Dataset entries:
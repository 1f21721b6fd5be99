ghost use Rattle.std.specs.Prelude.{◌≡◌, ◌≤◌, map, length};
ghost use Rattle.acl.specs.Shapes.{shape};
ghost use Rattle.ios.specs.Reading.{text_of, counted, over, read_of, memory_after};
ghost use Rattle.ios.specs.Stands.{ReadingStands};

use crate::outcome::{Fault, Reading};
use crate::state::State;
use acl::line::Line;
use acl::refusal::Refusal;
use words::lines::TextLines;

// The limits of a text and of a list.
pub const MOST_BYTES: usize = 65536;

pub const MOST_LINES: usize = 1024;

// The list's number and how many lines the text has, or its first fault.
fn count(text: &[u8]) -> Result<Reading, Fault>
    requires { length text.now ≤ 65536 }
    ensures { result ≡ counted (text_of text.now) }
{
    let mut state = State::default();
    for bytes in TextLines::new(text) {
        state.step(bytes)?;
    }
    Ok(Reading {
        number: state.known.unwrap_or(0),
        count: state.count,
    })
}

// Writes the lines that stand before the first fault.
fn fill(text: &[u8], memory: &mut [Line])
    requires { (length text.now ≤ 65536) × (length (text_of text.now).lines ≤ length memory.old) }
    ensures { map shape memory.new ≡ over (text_of text.now).lines (map shape memory.old) }
{
    let mut state = State::default();
    for bytes in TextLines::new(text) {
        match state.step(bytes) {
            Err(_) => return,
            Ok(None) => {}
            Ok(Some(entry)) => memory[state.count - 1] = entry.numbered(state.count as u16),
        }
    }
}

// Reads a list into line memory: its lines, numbered from 1, over the front of the memory.
// A refused text leaves the memory as it was. What is read is just what the grammar has.
#[tactic(auto, using(crate::proofs::Whole::reading_stands))]
pub fn read(text: &[u8], memory: &mut [Line]) -> Result<Reading, Fault>
    ensures answer { result ≡ read_of text.now (length memory.old) }
    ensures written { map shape memory.new ≡ memory_after result text.now (map shape memory.old) }
    ensures stands { ReadingStands }
{
    if text.len() > MOST_BYTES {
        return Err(Refusal::TooLong.into());
    }
    let reading = count(text)?;
    if reading.count > memory.len() {
        return Err(Refusal::ShortMemory.into());
    }
    fill(text, memory);
    Ok(reading)
}
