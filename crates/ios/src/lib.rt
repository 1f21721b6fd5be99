// Reads a numbered access list of Cisco IOS into the caller's line memory.
#![tactic(auto)]

pub mod entry;
pub mod family;
mod numbering;
pub mod outcome;
mod parse;
mod ports;
pub mod read;
pub mod said;
pub mod shown;
mod sides;
pub mod state;
mod terms;
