ghost use Rattle.std.specs.Prelude.{◌≡◌, cond, Ok};
ghost use Rattle.acl.specs.declared.refusal.Refusal.TheVariants.{BadWord};
ghost use Rattle.words.specs.Cursor.{rest, passed, handed, word_shown, stop, expect_of};
ghost use Rattle.ios.specs.Parsing.{next_is, action_named, action_of, protocol_named, protocol_of, list_number_of, log_of, next_digit};
ghost use Rattle.ios.specs.Shown.{shown_ok};

use crate::family::ListNumber;
use acl::refusal::Refusal;
use acl::terms::{Action, Protocol};
use words::part::{Stop, Word};
use words::words::Words;

// Whether the next word is the keyword.
pub(crate) fn next_is(words: &Words<'_>, keyword: &[u8]) -> bool
    ensures { result ≡ next_is (rest words.now) keyword.now }
{
    words.peek().is_some_and(|word| word.is(keyword))
}

// Whether the next word is the keyword; if it is, goes past it.
pub(crate) fn takes(words: &mut Words<'_>, keyword: &[u8]) -> bool
    ensures found { result ≡ next_is (rest words.old) keyword.now }
    ensures left { rest words.new ≡ cond result (passed (rest words.old)) (rest words.old) }
{
    let found = next_is(words, keyword);
    if found {
        words.pass();
    }
    found
}

// The next word, where one has to stand.
fn expect<'a>(words: &mut Words<'a>) -> Result<Word<'a>, Stop>
    ensures { handed (shown_ok result) (rest words.new) ≡ expect_of (rest words.old) }
{
    let Some(word) = words.peek() else {
        return Err(words.stop(Refusal::BadWord));
    };
    words.pass();
    Ok(word)
}

// A refusal at a word that names nothing known here.
fn refuse(word: Word<'_>) -> Stop
    ensures { result ≡ stop BadWord (word_shown word.entry).column }
{
    Stop {
        refusal: Refusal::BadWord,
        column: word.part().column,
    }
}

fn action_named(word: Word<'_>) -> Option<Action>
    ensures { result ≡ action_named (word_shown word.entry).bytes }
{
    match word {
        word if word.is(b"permit") => Some(Action::Permit),
        word if word.is(b"deny") => Some(Action::Deny),
        _ => None,
    }
}

// `permit` or `deny`
pub(crate) fn action(words: &mut Words<'_>) -> Result<Action, Stop>
    ensures { handed result (rest words.new) ≡ action_of (rest words.old) }
{
    let word = expect(words)?;
    action_named(word).ok_or(refuse(word))
}

fn protocol_named(word: Word<'_>) -> Option<Protocol>
    ensures { result ≡ protocol_named (word_shown word.entry).bytes }
{
    match word {
        word if word.is(b"ip") => Some(Protocol::Any),
        word if word.is(b"icmp") => Some(Protocol::Number(1)),
        word if word.is(b"igmp") => Some(Protocol::Number(2)),
        word if word.is(b"tcp") => Some(Protocol::Number(6)),
        word if word.is(b"udp") => Some(Protocol::Number(17)),
        _ => None,
    }
}

// Whether the next word begins with a digit.
fn next_digit(words: &Words<'_>) -> bool
    ensures { result ≡ next_digit (rest words.now) }
{
    matches!(words.peek(), Some(Word::Number(_) | Word::Address(_)))
}

// A protocol by name, or by number where the word begins with a digit.
pub(crate) fn protocol(words: &mut Words<'_>) -> Result<Protocol, Stop>
    ensures { handed result (rest words.new) ≡ protocol_of (rest words.old) }
{
    if next_digit(words) {
        let n = words.number(0, 255)?;
        return Ok(Protocol::Number(n as u8));
    }
    let word = expect(words)?;
    protocol_named(word).ok_or(refuse(word))
}

// `log`, or nothing
pub(crate) fn log(words: &mut Words<'_>) -> bool
    ensures { handed (Ok result) (rest words.new) ≡ log_of (rest words.old) }
{
    takes(words, b"log")
}

// The list number, which has to be the one that stood before, if one did.
pub(crate) fn list_number(words: &mut Words<'_>, known: Option<u16>) -> Result<ListNumber, Stop>
    ensures { handed result (rest words.new) ≡ list_number_of known (rest words.old) }
{
    let column = words.place();
    let number = words.number(1, 2699)?;
    let list = ListNumber::try_from(number).map_err(|refusal| Stop { refusal, column })?;
    if known.is_some_and(|known| known != number) {
        return Err(Stop {
            refusal: Refusal::OtherList,
            column,
        });
    }
    Ok(list)
}
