ghost use Rattle.std.specs.Prelude.{◌≤◌};
ghost use Rattle.ios.specs.Folding.{Steps};

use crate::entry::Entry;
use crate::outcome::Fault;
use crate::parse::line_says;
use crate::read::MOST_LINES;
use acl::refusal::Refusal;

// How far a text was read: the text lines so far, the list number that is known, and the lines so far.
#[derive(Clone, Copy, Default)]
pub struct State {
    pub line: usize,
    pub known: Option<u16>,
    pub count: usize,
}

impl State {
    // Takes one more text line: what it says, or the fault in it. The 1,025th line is one.
    pub(crate) fn step(&mut self, bytes: &[u8]) -> Result<Option<Entry>, Fault>
        requires { (self.old.line ≤ 65536) × (self.old.count ≤ 1024) }
        ensures { Steps self.old self.new bytes.now result }
    {
        self.line += 1;
        let said = line_says(bytes, self.known).map_err(|stop| Fault::at(self.line, stop))?;
        self.known = said.known;
        let Some(entry) = said.entry else {
            return Ok(None);
        };
        if self.count >= MOST_LINES {
            return Err(Fault {
                refusal: Refusal::TooManyLines,
                line: self.line,
                column: 0,
            });
        }
        self.count += 1;
        Ok(Some(entry))
    }
}
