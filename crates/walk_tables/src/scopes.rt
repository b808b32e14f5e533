//! The names in scope, and the slot of each.
ghost use Rattle.std.specs.Prelude.{◌≡◌, ◌∷◌, ◌&&◌, ◌+◌, ◌≤◌, suc, length, List, Some, IfOk};
ghost use Rattle.cmm_tree.specs.View.{expr_view, params_view};
ghost use Rattle.cmm_types.specs.Light.{is_immutable, is_light_address};
ghost use Rattle.walk_tables.specs.Walks.{Slotted, names, with_slots};
ghost use Rattle.walk_tables.specs.Cells.{cells, item_at};
ghost use Rattle.walk_tables.specs.Sound.{AreItemsSound, IsScope, Opens};
ghost use Rattle.walk_tables.specs.Found.{found_in};

use crate::items::{Cells, Item};
use bs_words::{Name, Ty};
use cmm_tree::{Expr, Param};
use cmm_types::NamesInScope;
use std::alloc::AllocError;

/// What a name in scope stands for.
#[derive(Clone, Copy)]
pub struct Found {
    /// The type of its value.
    pub ty: Ty,
    /// Whether an assignment may change it.
    pub mutable: bool,
    /// The number of the slot that walks bind it to, from 0 on.
    pub slot: usize,
}

/// A scope, and the cells that it is among.
#[derive(Clone, Copy)]
struct ScopeAt<'c, 'a> {
    cells: &'c Cells<'a>,
    scope: usize,
}

impl NamesInScope for ScopeAt<'_, '_> {
    ghost HasNames = { λ at in_scope. (s : List Slotted) × AreItemsSound (cells at.cells.now)
        × IsScope (cells at.cells.now) at.scope s × (names s ≡ in_scope) };

    fn is_immutable(&self, name: &Name) -> bool {
        self.cells.is_immutable(self.scope, name)
    }
}

impl<'a> Cells<'a> {
    /// The scope with one more name. The only error is want of memory.
    pub fn bind(
        &mut self,
        outer: usize,
        name: &'a Name,
        ty: Ty,
        mutable: bool,
        slot: usize,
    ) -> Result<usize, AllocError>
        ensures opens { IfOk result (λ cell. (s : List Slotted) → AreItemsSound (cells self.old) →
            IsScope (cells self.old) outer s →
            Opens (cells self.old) (cells self.new) cell
            (record {
              scoped = record { name = name.now; type = ty; mutable = mutable };
              slot = slot;
            } ∷ s)) }
        ensures more { IfOk result (λ _. length (cells self.new) ≡ suc (length (cells self.old))) }
    {
        let cell = self.push(Item::Named {
            name,
            ty,
            mutable,
            slot,
            outer,
        })?;
        Ok(cell)
    }

    /// The scope with these parameters, in slots from this one on.
    /// The only error is want of memory.
    pub fn with_slots(
        &mut self,
        scope: usize,
        slot: usize,
        params: &'a [Param],
    ) -> Result<usize, AllocError>
        requires { slot + length params.now ≤ usize.MAX }
        ensures opens { IfOk result (λ cell. (s : List Slotted) → AreItemsSound (cells self.old) →
            IsScope (cells self.old) scope s →
            Opens (cells self.old) (cells self.new) cell (with_slots slot
            (params_view params.now) s)) }
        ensures more { IfOk result (λ _.
            length (cells self.old) + length params.now ≤ length (cells self.new)) }
    {
        match params {
            [] => Ok(scope),
            [first, others @ ..] => {
                let ty = first.comp.ty();
                let next = slot + 1;
                let inner = self.bind(scope, &first.name, ty, false, slot)?;
                let cell = self.with_slots(inner, next, others)?;
                Ok(cell)
            }
        }
    }

    /// The innermost binding of the name.
    #[cycle(find)]
    pub fn find(&self, scope: usize, name: &Name) -> Option<Found>
        ensures { (s : List Slotted) → AreItemsSound (cells self.now) →
            IsScope (cells self.now) scope s → result ≡ found_in s name.now }
    {
        match self.get(scope) {
            None => None,
            Some(item) => self.find_in(scope, item, name),
        }
    }

    /// The innermost binding of the name, in the scope that this cell is.
    #[cycle(find)]
    fn find_in(&self, scope: usize, item: Item<'a>, name: &Name) -> Option<Found>
        ensures { (s : List Slotted) → AreItemsSound (cells self.now) →
            IsScope (cells self.now) scope s →
            item_at (cells self.now) scope ≡ Some item.entry → result ≡ found_in s name.now }
    {
        match item {
            Item::Named {
                name: own,
                ty,
                mutable,
                slot,
                outer,
            } => {
                if own.same(name) {
                    return Some(Found { ty, mutable, slot });
                }
                if outer < scope {
                    return self.find(outer, name);
                }
                None
            }
            Item::Empty
            | Item::Does { .. }
            | Item::Evaluates { .. }
            | Item::Enters { .. }
            | Item::Either { .. }
            | Item::OneOf { .. }
            | Item::MayRaise { .. }
            | Item::Raises { .. }
            | Item::Exits { .. }
            | Item::Catches { .. }
            | Item::Handler { .. }
            | Item::Handles { .. } => None,
        }
    }

    /// Whether it is a name that is not mutable.
    fn is_immutable(&self, scope: usize, name: &Name) -> bool
        ensures { (s : List Slotted) → AreItemsSound (cells self.now) →
            IsScope (cells self.now) scope s → result ≡ is_immutable (names s) name.now }
    {
        match self.find(scope, name) {
            None => false,
            Some(found) => !found.mutable,
        }
    }

    /// Whether it is a light expression whose outermost operator is `+a`.
    pub fn is_light_address(&self, scope: usize, expr: &Expr) -> bool
        ensures { (s : List Slotted) → AreItemsSound (cells self.now) →
            IsScope (cells self.now) scope s →
            result ≡ is_light_address (names s) (expr_view expr.now) }
    {
        cmm_types::is_light_address(&ScopeAt { cells: self, scope }, expr)
    }
}
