//! What a walk of a function binds, uses and passes, as a table.
//!
//! A walk binds, uses and passes frame points (`specs/Walks.antt`): what is left to do at each point is a
//! list of tasks. The table of a function has a node for each such list, as cells that share what they have
//! in common. It agrees with the walks (`proofs/Agreeing.antt`), so the addresses that are live in the table
//! are those that are live on a walk (`specs/AddrLive.antt`).
#![tactic(auto)]

mod expressions;
mod items;
mod leaving;
mod node;
mod scopes;
mod steps;
mod table;
mod tasks;

pub use node::{Next, Node, Step};
pub use table::{Table, make_table};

Exercise:
What the task asks for is a word-for-word repeat of the lines above, from the first through the one containing "use words::lines::TextLines;".

Task output:
repository 1f21721b6fd5be99
ghost use Rattle.std.specs.Prelude.{◌≡◌, ◌≤◌, map, length};
ghost use Rattle.acl.specs.Shapes.{shape};
ghost use Rattle.ios.specs.Reading.{text_of, counted, over, read_of, memory_after};
ghost use Rattle.ios.specs.Stands.{ReadingStands};

use crate::outcome::{Fault, Reading};
use crate::state::State;
use acl::line::Line;
use acl::refusal::Refusal;
use words::lines::TextLines;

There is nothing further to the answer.